Sequential Testing at Booking.com

Nils Skotara

Published in

Booking.com Data Science

14 min readJun 12, 2023

Reliable and fast product decisions

Introduction

At Booking.com, we apply AB testing in order to assess whether a change on our website or mobile application positively affects the customer experience. AB testing is a way of measuring the causal impact of the product change on a certain outcome, such as the conversion rate or click through rate. We randomly assign our customers to one of two groups: The group that sees the website unchanged and the group that sees the product change. The random assignment ensures that only the influence of the product change distinguishes the two groups and the influence of all other variables on the outcome is not systematic. This allows us to conclude that the observed difference between the groups was indeed caused by the product change.

We analyse the results with a statistical test that leads to one of two possible business decisions: the product change had a positive effect and will be shipped, or it did not and will not be shipped. Statistical tests control how often an ineffective change will wrongly be shipped (Type I or alpha error) and how often an effective change will be dismissed (Type II or beta error). Most often, hypothesis testing is done by calculating how much data is needed to reach a decision, given a pre-specified alpha and beta error rate and a minimal relevant effect size. This calculation needs to be done upfront and requires waiting until sufficient data has been collected (so-called fixed horizon testing). In practice, it is hard for experimenters not to look at interim results for a faster decision. Crucially, not adhering to the runtime increases the alpha error. A major benefit of sequential testing is that it does allow for interim analyses while maintaining the correct alpha error rate.
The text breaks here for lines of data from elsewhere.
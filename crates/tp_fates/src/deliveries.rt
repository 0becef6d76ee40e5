ghost use Rattle.std.specs.Prelude.{◌≡◌, None, Some, cond, option_map, OnOk};
ghost use Rattle.tp_fates.specs.Deliveries.{first_left, is_of, left_in, same_slot, taken};
ghost use Rattle.tp_fates.specs.Fates.{fate_of};

use crate::fate::Fate;
use indexmap::IndexMap;
use std::alloc::Global;
use tp_base::NoMemory;

/// An output by its entry and its place among that entry's outputs, both from 1.
#[derive(Clone, Copy, Debug, PartialEq, Eq, Hash)]
pub struct Slot {
    pub entry: u64,
    pub place: u64,
}

/// Whether an output is to be lost, and how often it may still be delivered. A loss that is to come
/// counts as one.
#[derive(Clone, Copy, Debug, PartialEq, Eq)]
pub struct Left {
    pub lost: bool,
    pub times: u8,
}

impl Left {
    /// Of an output that was just sent.
    pub fn first(fate: Fate) -> Left
        ensures { result ≡ first_left (fate_of fate) }
    {
        match fate {
            Fate::Lost => Left {
                lost: true,
                times: 1,
            },
            Fate::Times(times) => Left { lost: false, times },
        }
    }

    /// Whether it is the loss, or a delivery, that is to come.
    pub fn is_of(&self, loss: bool) -> bool
        ensures { result ≡ is_of loss self.now }
    {
        if loss { self.lost } else { !self.lost }
    }
}

/// What is left of each output that was sent.
#[derive(Debug, Drop)]
pub struct Deliveries {
    left: IndexMap<Slot, Left>,
}

impl Deliveries {
    /// Before the first output.
    pub fn new(alloc: Global) -> Deliveries
        ensures { (slot : Slot) → left_in result slot ≡ None }
    {
        Deliveries {
            left: IndexMap::new(alloc),
        }
    }

    /// What is left of an output, where one was sent there.
    pub fn of(&self, slot: Slot) -> Option<Left>
        ensures { result ≡ left_in self.now slot }
    {
        match self.left.get(&slot) {
            Some(left) => Some(*left),
            None => None,
        }
    }

    /// Adds an output that was just sent.
    pub fn add(&mut self, slot: Slot, fate: Fate) -> Result<(), NoMemory>
        ensures { OnOk result ((other : Slot)
            → left_in self.new other
            ≡ cond (same_slot slot other) (Some (first_left (fate_of fate))) (left_in self.old other)) }
    {
        self.left.insert(slot, Left::first(fate))?;
        Ok(())
    }

    /// Takes a delivery of an output, or its loss, where that is to come.
    pub fn take(&mut self, slot: Slot, loss: bool)
        ensures { (other : Slot)
            → left_in self.new other
            ≡ cond (same_slot slot other) (option_map (taken loss) (left_in self.old other)) (left_in self.old other) }
    {
        if let Some(left) = self.left.get_mut(&slot) {
            if left.is_of(loss) {
                left.times = left.times.saturating_sub(1);
            }
        }
    }
}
Interestingly, the upfront calculation also requires a judgment call: How much of an impact on the customer is worth our efforts? We refer to this number as the minimum relevant effect or in short MRE. The calculation of the sample size is based on the MRE, which is informed by the team’s previous experiments, business targets and a definition of success. Ideally, costs and benefits can be weighed against each other to judge the optimal MRE. In practice however, this is a very complex calculation and many times considerations beyond pure cost-benefit trade offs enter the equation as well. Thus, it is quite likely that the choice of the MRE is a bit arbitrary. In addition, the real impact of the product change might be substantially larger than this MRE, rendering the calculated sample size substantially too large for its purpose. Such misestimation affects the product community and the business in crucial ways by wasting valuable time and resources. Mainly since once the AB experiment runs, the product managers have to wait for the pre-determined sample size before they can make a decision. This is problematic for two possible reasons:

If they see promising signals early on during the runtime, they cannot act on them without substantially increasing the false positive rate. Due to the arbitrary nature of the MRE, an early signal is likely whenever the real impact exceeds the MRE sufficiently.
When the real impact is a lot smaller than the MRE, the AB experiment runs until the required sample size arrives, all the while showing virtually no impact or an impact way too small to be relevant.

In both scenarios it leads to a waste of valuable time. Experimenters have to wait for the result of a test that is either doomed to show failure or could declare success a lot earlier.

The solution to this problem are methods that allow for intermediate opportunities to judge the outcome of the test and act accordingly. This concept of sequential testing goes back to Wald (1945) and was adapted to clinical research by Armitage et al. (1969). Pocock (1977, 1982) and O’Brien and Fleming (1979) developed the group sequential design (GSD) which is the main focus of this article. GSD is widely used in clinical and pharmaceutical research for obvious reasons: early stopping requires fewer patients and allows for applying the better treatment to as many patients as possible as early as possible and prevents further patients experiencing serious adverse events if there is a strong safety issue.

However, it largely remains underutilised in other parts of academia and industry alike. We will argue that they are very well suited for most business needs and compare favourably to alternative methods.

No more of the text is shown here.